Common failure pattern
A web search is not the same as research. Research means collecting relevant evidence, evaluating source quality, checking important claims, and turning the evidence into a clear synthesis. Fast retrieval without verification is how weak articles become confident misinformation.
Mistakes to catch before publication
Confusing correlation with causation
Use precise language. "Associated with" is different from "caused by," especially when research is observational or the mechanism is not proven.
Relying on one source
A major claim should not rest on a single uncorroborated source. If it must, make the attribution and uncertainty visible.
Cherry-picking data
Do not include only evidence that supports the preferred conclusion. Strong articles acknowledge conflicting credible evidence and explain the difference.
Ignoring source bias
Ask who created the source, why it exists, what incentives are attached, and what perspective may be missing.
Weak attribution
Separate your analysis from sourced information. Attribute direct quotes, borrowed ideas, statistics, and paraphrased claims clearly enough for review.
Letting AI become the source
AI can speed discovery, drafting, restructuring, and editing, but the authority should remain with verifiable sources and human review.
How this maps to Gixo Quill
Quill is strongest when the team starts with the source pack, not a blank prompt.

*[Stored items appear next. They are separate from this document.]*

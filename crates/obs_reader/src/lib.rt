// The observations of a frame's payload, one after the other: a reader keeps the frame's type, the lent payload and where it stands in it.
// Read specs/Reader.antt (where the reader stands after a question; what it answers is observation's `read_entry_of`), then specs/Walk.antt.
// The reader decides nothing, the edition neither: `read_observation_of` decides. `step_from`, with plain parameters, is for callers that keep no
// reader.
#![tactic(auto)]

ghost use Rattle.std.specs.Prelude.{◌≡◌};
ghost use Rattle.refusals.specs.Numbers.{answer_of};
ghost use Rattle.observation.specs.Obs.{read_entry_of};
ghost use Rattle.obs_reader.specs.Reader.{at_after, asked};

use observation::Observation;
use refusals::Refusal;

#[derive(Clone, Copy)]
pub struct ObsReader<'a> {
    pub kind: u16,
    pub payload: &'a [u8],
    pub at: usize,
}

impl<'a> ObsReader<'a> {
    // A reader at the first observation.
    pub fn made(kind: u16, payload: &'a [u8]) -> ObsReader<'a>
        ensures of_kind { result.kind ≡ kind }
        ensures of_payload { result.payload ≡ payload.entry }
        ensures at_first { result.at ≡ 0 }
    {
        ObsReader {
            kind,
            payload,
            at: 0,
        }
    }

    // The observation that the reader stands at, and the reader moves on. It stays on a refusal: 21 where the type is no observation's, 22 where
    // the payload is no OBS, then 25 past the last.
    pub fn next(&mut self) -> Result<Observation, Refusal>
        ensures result_value { answer_of result ≡ read_entry_of self.old.kind self.old.payload.now self.old.at }
        ensures self_after { self.new ≡ asked self.old }
    {
        let observation = observation::read_observation_of(self.kind, self.payload, self.at)?;
        self.at += 1;
        Ok(observation)
    }
}

#[derive(Clone, Copy)]
pub struct Stepped {
    pub answer: Result<Observation, Refusal>,
    pub at: usize,
}

// What a reader answers anywhere in a payload, and where it then stands.
pub fn step_from(kind: u16, payload: &[u8], at: usize) -> Stepped
    ensures answer_value { answer_of result.answer ≡ read_entry_of kind payload.now at }
    ensures at_value { result.at ≡ at_after kind payload.now at }
{
    let mut reader = ObsReader { kind, payload, at };
    let answer = reader.next();
    Stepped {
        answer,
        at: reader.at,
    }
}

Bring in research notes, URLs, documents, internal context, customer language, and draft fragments. Then generate a structured first shot, keep references visible, run deterministic quality checks, refine inside the editor, and route the piece through review before export or publishing.
That makes this page the process pillar and Turn Research into Article the product use-case page. One teaches the professional workflow; the other shows how Quill helps execute it inside the content workspace.

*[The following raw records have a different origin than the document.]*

//! Reading the entries of sections (WebAssembly core specification, 5.5).

ghost use Rattle.std.specs.Prelude.{◌≡◌, ◌==◌, length, nat_lt, IfOk};
ghost use Rattle.wasm_bytes.specs.Gives.{Gives};
ghost use Rattle.wasm_bytes.specs.Reading.{allowed, byte, entries};
ghost use Rattle.wasm_bytes.specs.Numbers.{number32};
ghost use Rattle.wasm_file.specs.Entries.{has_bit, limit, maximum, limits, memory_type, table_type, mutability, tag_type, import_of, import_type, «import», export_of, export_item, «export», global_entry, are_elem_flags, elem_table, elem_place, elem_type, elem_entries, elem, are_segment_flags, segment_memory, segment_place, blob, segment, custom};

use crate::entries::{
    Custom, Elem, ElemPlace, Export, ExportItem, FileGlobal, FileImport, ImportType, Segment,
    TableType,
};
use packed_ops::Ops;
use std::alloc::Global;
use values::Seq;
use wasm_bytes::{Counts, Entry, ReadFault, Reader, read_entries, read_exactly, read_name};
use wasm_code::{read_initial, read_initials};
use wasm_types::{
    FuncId, GlobalId, Limits, MemoryId, TableId, TagId, TypeId, ValType, read_ref_type,
};

/// The greatest limit of a memory.
const MEMORY_LIMIT: u64 = 9_223_372_036_854_775_807;

/// Whether a bit of a byte of flags is set.
fn has_bit(flags: u8, bit: u8) -> bool
    ensures { result ≡ has_bit bit flags }
{
    flags & bit != 0
}

/// One byte below a bound.
pub(crate) fn read_byte_below(reader: &mut Reader<'_>, bound: u8) -> Result<u8, ReadFault>
    ensures { Gives result reader.new (allowed (λ b. nat_lt b bound) byte reader.old) }
{
    let place = reader.place();
    let found = reader.byte()?;
    if found < bound {
        Ok(found)
    } else {
        Err(ReadFault::Parse { place })
    }
}

/// A limit, at most the greatest.
#[tactic(auto, unfolding(crate::specs::Entries::limit))]
fn read_limit(reader: &mut Reader<'_>, greatest: u64, wide: bool) -> Result<u64, ReadFault>
    ensures { Gives result reader.new (limit greatest wide reader.old) }
{
    let place = reader.place();
    let found = if wide {
        reader.number64()?
    } else {
        reader.number32()? as u64
    };
    if found <= greatest {
        Ok(found)
    } else {
        Err(ReadFault::Parse { place })
    }
}

/// A second limit, where the flags tell of one.
#[tactic(auto, unfolding(crate::specs::Entries::maximum))]
fn read_maximum(reader: &mut Reader<'_>, greatest: u64, flags: u8) -> Result<Option<u64>, ReadFault>
    ensures { Gives result reader.new (maximum greatest flags reader.old) }
{
    if has_bit(flags, 1) {
        Ok(Some(read_limit(reader, greatest, has_bit(flags, 4))?))
    } else {
        Ok(None)
    }
}

/// Limits, each at most the greatest (WebAssembly core specification, 5.3.8).
#[tactic(auto, unfolding(crate::specs::Entries::limits))]
fn read_limits(reader: &mut Reader<'_>, greatest: u64) -> Result<Limits, ReadFault>
    ensures { Gives result reader.new (limits greatest reader.old) }
{
    let flags = read_byte_below(reader, 8)?;
    let wide = has_bit(flags, 4);
    let min = read_limit(reader, greatest, wide)?;
    let max = read_maximum(reader, greatest, flags)?;
    Ok(Limits {
        min,
        max,
        shared: has_bit(flags, 2),
        wide,
    })
}

/// What stands in a list where the type of an entry doesn't tell its spelling.
pub(crate) trait Listed {
    ghost use Rattle.std.specs.Prelude.{Result, ℕ};
    ghost use Rattle.wasm_bytes.specs.declared.counts.Counts.{Counts};
    ghost use Rattle.wasm_bytes.specs.Reading.{Input};
    ghost use Rattle.wasm_bytes.specs.Gives.{Gives};

    /// An entry.
    type Item: Drop;

    /// Its spelling.
    ghost grammar: { Counts → Input → Result (Self.Item × Input) ℕ };

    fn read(
        reader: &mut Reader<'_>,
        alloc: Global,
        counts: &Counts,
    ) -> Result<Self::Item, ReadFault>
        ensures { Gives result reader.new (grammar counts.now reader.old) };
}

/// Entries, so many.
pub(crate) fn read_each_of<L: Listed>(
    count: u32,
    reader: &mut Reader<'_>,
    alloc: Global,
    counts: &Counts,
) -> Result<Seq<L::Item>, ReadFault>
    ensures value { Gives result reader.new (entries count (L.grammar counts.now) reader.old) }
    ensures len { IfOk result (λ xs. length xs ≡ count) }
{
    let mut items = Seq::new(alloc);
    for _ in 0..count {
        items.push(L::read(reader, alloc, counts)?)?;
    }
    Ok(items)
}
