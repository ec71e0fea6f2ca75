//! Names that are bound once.
ghost use Rattle.std.specs.Prelude.{◌≡◌, ◌<◌, ◌^◌, ◌+◌, ◌-◌, ℕ, false, IfOk, IfSome, OnOk, OnErr, IsTrue, not, Some};
ghost use Rattle.std.specs.FinMap as finite;
ghost use Rattle.std.specs.FinSet as set;
ghost use Rattle.std.specs.String.{string_bytes};
ghost use Rattle.glue_words.specs.Ident.{is_ident, to_ident};
ghost use Rattle.values.specs.TextSet.{TextSet};
ghost use Rattle.glue_scope.specs.Scope.{IsFirstFree, IsKept, IsLeastFree, KeepsTaken, key_set};
ghost use Rattle.glue_words.specs.Ident.{numbered};

use crate::number_map::NumberMap;
use glue_words::to_valid_ident;
use std::alloc::{AllocError, Global};
use std::marker::Model;

/// A scope in which each name is bound once.
///
/// Want of memory is its only error, and binds nothing.
pub trait Names: Sized + Drop {
    /// The names that are bound.
    ghost bound: { Self → TextSet };

    /// A scope that binds nothing.
    fn new(alloc: Global) -> Self
        ensures empty { bound result ≡ set.empty };

    /// Whether the name is bound.
    fn is_bound(&self, name: &str) -> bool
        ensures bound { result ≡ set.contains (bound self.now) name.now };

    /// Binds the name, and answers whether it was free.
    fn reserve(&mut self, name: &str) -> Result<bool, AllocError>
        ensures free { IfOk result (λ free. free ≡ not (set.contains (bound self.old) name.now)) }
        ensures binds { OnOk result (bound self.new ≡ set.insert (bound self.old) name.now) }
        ensures err { OnErr result (bound self.new ≡ bound self.old) };

    /// Binds a name that was free, and answers it: the name made an identifier, and where that is bound, it is followed by the
    /// least number from 2 up with which it is free.
    fn generate(&mut self, name: &str) -> Result<String, AllocError>
        ensures first { IfOk result (λ answer. IsFirstFree (bound self.old) (to_ident name.now) (string_bytes answer)) }
        ensures ident { IfOk result (λ answer. IsTrue (is_ident (string_bytes answer))) }
        ensures binds { IfOk result (λ answer. bound self.new ≡ set.insert (bound self.old) (string_bytes answer)) }
        ensures err { OnErr result (bound self.new ≡ bound self.old) };
}

/// A scope that remembers for each name the number to go on from, so that no number is tried twice for a name.
#[derive(Drop)]
pub struct IdentScope {
    names: NumberMap,
    alloc: Global,
}

impl Model for IdentScope {
    ghost use Rattle.std.specs.Prelude.{ℕ};
    ghost use Rattle.std.specs.Coded.{coded_ℕ, coded_list};
    ghost use Rattle.std.specs.FinMap as finite;
    ghost use Rattle.glue_scope.specs.Scope.{KeepsTaken, Numbers};

    ghost Value = { Numbers };

    ghost coded = { finite.code (coded_list coded_ℕ) coded_ℕ };

    ghost view = { λ s. s.names };

    ghost invariant = { λ s. KeepsTaken s.names };
}

impl IdentScope {
    fn has(&self, name: &str) -> bool
        ensures has { result ≡ set.contains (key_set self.now) name.now }
    {
        self.names.get(name).is_some()
    }

    /// The number that is kept for a name.
    fn kept(&self, name: &str) -> Option<u64>
        ensures kept { result ≡ finite.get self.now name.now }
        ensures taken { IfSome result (λ start. IsKept self.now name.now start) }
    {
        self.names.get(name)
    }

    /// The first free name with a number from `start` up, and its number.
    fn first_free(&self, name: &str, start: u64) -> Result<(String, u64), AllocError>
        ensures found { IfOk result (λ p. (string_bytes p.0 ≡ numbered name.now p.1) × (p.1 < 2 ^ 64 - 1) × IsLeastFree (key_set self.now) name.now start p.1) }
    {
        for number in start..u64::MAX {
            let candidate = format!(in self.alloc; "{name}{number}")?;
            if !self.has(candidate.as_str()) {
                return Ok((candidate, number));
            }
        }
        Err(AllocError)
    }

    /// Binds a name that is free.
    fn bind(&mut self, name: &str) -> Result<(), AllocError>
        requires { set.contains (key_set self.old) name.now ≡ false }
        ensures ok { OnOk result (self.new ≡ finite.insert self.old name.now 2) }
        ensures err { OnErr result (self.new ≡ self.old) }
    {
        let key = String::from_str(self.alloc, name)?;
        self.names.insert(key, 2)?;
        Ok(())
    }

    /// Binds the first free name with a number, and keeps the number after it.
    fn bind_numbered(&mut self, name: &str, start: u64) -> Result<String, AllocError>
        requires there { finite.get self.old name.now ≡ Some start }
        requires kept { IsKept self.old name.now start }
        ensures ok { IfOk result (λ answer. (n : ℕ) × (string_bytes answer ≡ numbered name.now n) × (n < 2 ^ 64) × IsLeastFree (key_set self.old) name.now 2 n × (self.new ≡ finite.insert (finite.insert self.old (string_bytes answer) 2) name.now (n + 1))) }
        ensures err { OnErr result (self.new ≡ self.old) }
    {
        let (answer, number) = self.first_free(name, start)?;
        self.bind(answer.as_str())?;
        self.names.set(name, number + 1);
        Ok(answer)
    }

    /// Binds the first free name of an identifier.
    fn bind_first(&mut self, ident: String) -> Result<String, AllocError>
        requires { IsTrue (is_ident (string_bytes ident)) }
        ensures first { IfOk result (λ answer. IsFirstFree (key_set self.old) (string_bytes ident) (string_bytes answer)) }
        ensures ident { IfOk result (λ answer. IsTrue (is_ident (string_bytes answer))) }
        ensures binds { IfOk result (λ answer. key_set self.new ≡ set.insert (key_set self.old) (string_bytes answer)) }
        ensures err { OnErr result (self.new ≡ self.old) }
    {
        match self.kept(ident.as_str()) {
            None => {
                self.bind(ident.as_str())?;
                Ok(ident)
            }
            Some(start) => self.bind_numbered(ident.as_str(), start),
        }
    }
}

impl Names for IdentScope {
    ghost bound = { λ s. key_set s };

    fn new(alloc: Global) -> IdentScope {
        IdentScope {
            names: NumberMap::new(alloc),
            alloc,
        }
    }

    fn is_bound(&self, name: &str) -> bool {
        self.has(name)
    }

    fn reserve(&mut self, name: &str) -> Result<bool, AllocError> {
        if self.has(name) {
            return Ok(false);
        }
        self.bind(name)?;
        Ok(true)
    }

    fn generate(&mut self, name: &str) -> Result<String, AllocError> {
        let ident = to_valid_ident(self.alloc, name)?;
        self.bind_first(ident)
    }
}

Frequently Asked Questions
What is a source-to-article workflow?
It is the systematic process of turning raw sources, data, interviews, documents, and notes into a structured article through planning, sourcing, vetting, synthesis, drafting, review, and publication.

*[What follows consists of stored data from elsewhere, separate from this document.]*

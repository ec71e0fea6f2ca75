//! Helpers that go by the place of a memory or a table.
use std::fmt;
use values::Text;

/// A helper of which there is one for each memory or table, as the view `getUint8ArrayMemory0`. It is displayed as the name followed by
/// the number, in decimal digits.
#[derive(Debug, PartialEq, Eq, PartialOrd, Ord, Hash, Drop)]
pub struct MemView {
    /// The name without its number.
    pub name: Text,
    /// The place of the memory or table in the module's list, from 0, with empty places counted.
    pub num: u32,
}

impl fmt::Display for MemView {
    ghost use Rattle.std.specs.Prelude.{Some, ◌++◌};
    ghost use Rattle.std.specs.Fmt.{decimal};

    ghost output = { λ view. Some (view.name ++ decimal view.num) };

    fn fmt<W: fmt::Write>(&self, f: &mut fmt::Formatter<W>) -> fmt::Result {
        write!(f, "{}{}", self.name.as_str(), self.num)
    }
}
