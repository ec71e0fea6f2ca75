//! Names that are bound once, and the words that access a property.
//!
//! A scope draws names that are new: `IdentScope`, behind the trait `Names`. The proofs show that drawn names are new, distinct and
//! identifiers. `property_words` gives the words that access a property. A `MemView` is displayed as its name with its number (`output`).
//!
//! It stands on `values` and on the words of `glue_words`, which it hands on.
#![tactic(auto)]

mod mem_view;
mod names;
mod number_map;
mod property;

pub use glue_words::{
    Item, NoteKind, Role, Thing, Word, is_computed_key, is_valid_ident, js_string_literal,
    key_text, print, punct_text, regex_text, to_valid_ident,
};
pub use mem_view::MemView;
pub use names::{IdentScope, Names};
pub use property::property_words;
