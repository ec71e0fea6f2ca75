//! A map from texts to numbers, seen as a finite map from bytes.
ghost use Rattle.std.specs.Prelude.{◌≡◌, OnOk, OnErr, IfOk, ℕ, List, IsSome};
ghost use Rattle.std.specs.FinMap as finite;
ghost use Rattle.std.specs.String.{string_bytes};

use std::alloc::{AllocError, Global};
use std::collections::BTreeMap;
use std::marker::Model;

/// A map from texts to numbers.
#[derive(Drop)]
pub(crate) struct NumberMap {
    tree: BTreeMap<String, u64>,
}

impl Model for NumberMap {
    ghost use Rattle.std.specs.Prelude.{ℕ};
    ghost use Rattle.std.specs.Coded.{coded_ℕ, coded_list};
    ghost use Rattle.std.specs.FinMap as finite;
    ghost use Rattle.glue_scope.specs.Scope.{Numbers, number_map};

    ghost Value = { Numbers };

    ghost coded = { finite.code (coded_list coded_ℕ) coded_ℕ };

    ghost view = { λ a. number_map a.tree.entries };
}

impl NumberMap {
    /// A map without entries.
    pub(crate) fn new(alloc: Global) -> NumberMap
        ensures { result ≡ finite.empty }
    {
        NumberMap {
            tree: BTreeMap::new(alloc),
        }
    }

    /// The number of a text.
    pub(crate) fn get(&self, key: &str) -> Option<u64>
        ensures { result ≡ finite.get self.now key.now }
    {
        self.tree.get(key).copied()
    }

    /// Gives a text a number. Want of memory leaves the map as it was.
    pub(crate) fn insert(&mut self, key: String, value: u64) -> Result<(), AllocError>
        ensures ok { OnOk result (self.new ≡ finite.insert self.old (string_bytes key) value) }
        ensures err { OnErr result (self.new ≡ self.old) }
    {
        self.tree.insert(key, value)?;
        Ok(())
    }

    /// Gives a key that is there another number.
    pub(crate) fn set(&mut self, key: &str, value: u64)
        requires { IsSome (finite.get self.old key.now) }
        ensures { self.new ≡ finite.insert self.old key.now value }
    {
        let place = self.tree.get_mut(key).unwrap();
        *place = value;
    }
}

What is the difference between a source and a citation?
A source is the document, person, dataset, transcript, or record that provides information. A citation is the formal reference that tells the reader where that source came from.
How many sources are enough for an article?
There is no universal number. Quality matters more than count. A narrow factual explainer may need only a few authoritative sources, while a controversial or high-stakes claim needs stronger corroboration.
Can Wikipedia be used as a source?
Use Wikipedia as a tertiary starting point, not the final authority for a substantive article. It is often useful for orientation and for finding the primary or secondary sources listed in the references.
How should conflicting credible sources be handled?
First confirm you understood both sources correctly. If the conflict is real, acknowledge it directly, explain the difference in methods or scope where possible, and avoid forcing false certainty.
How can AI help without weakening accuracy?
Use AI to organize sources, propose outlines, draft from supplied evidence, improve readability, and flag weak structure. Do not use model output as the final authority for factual claims.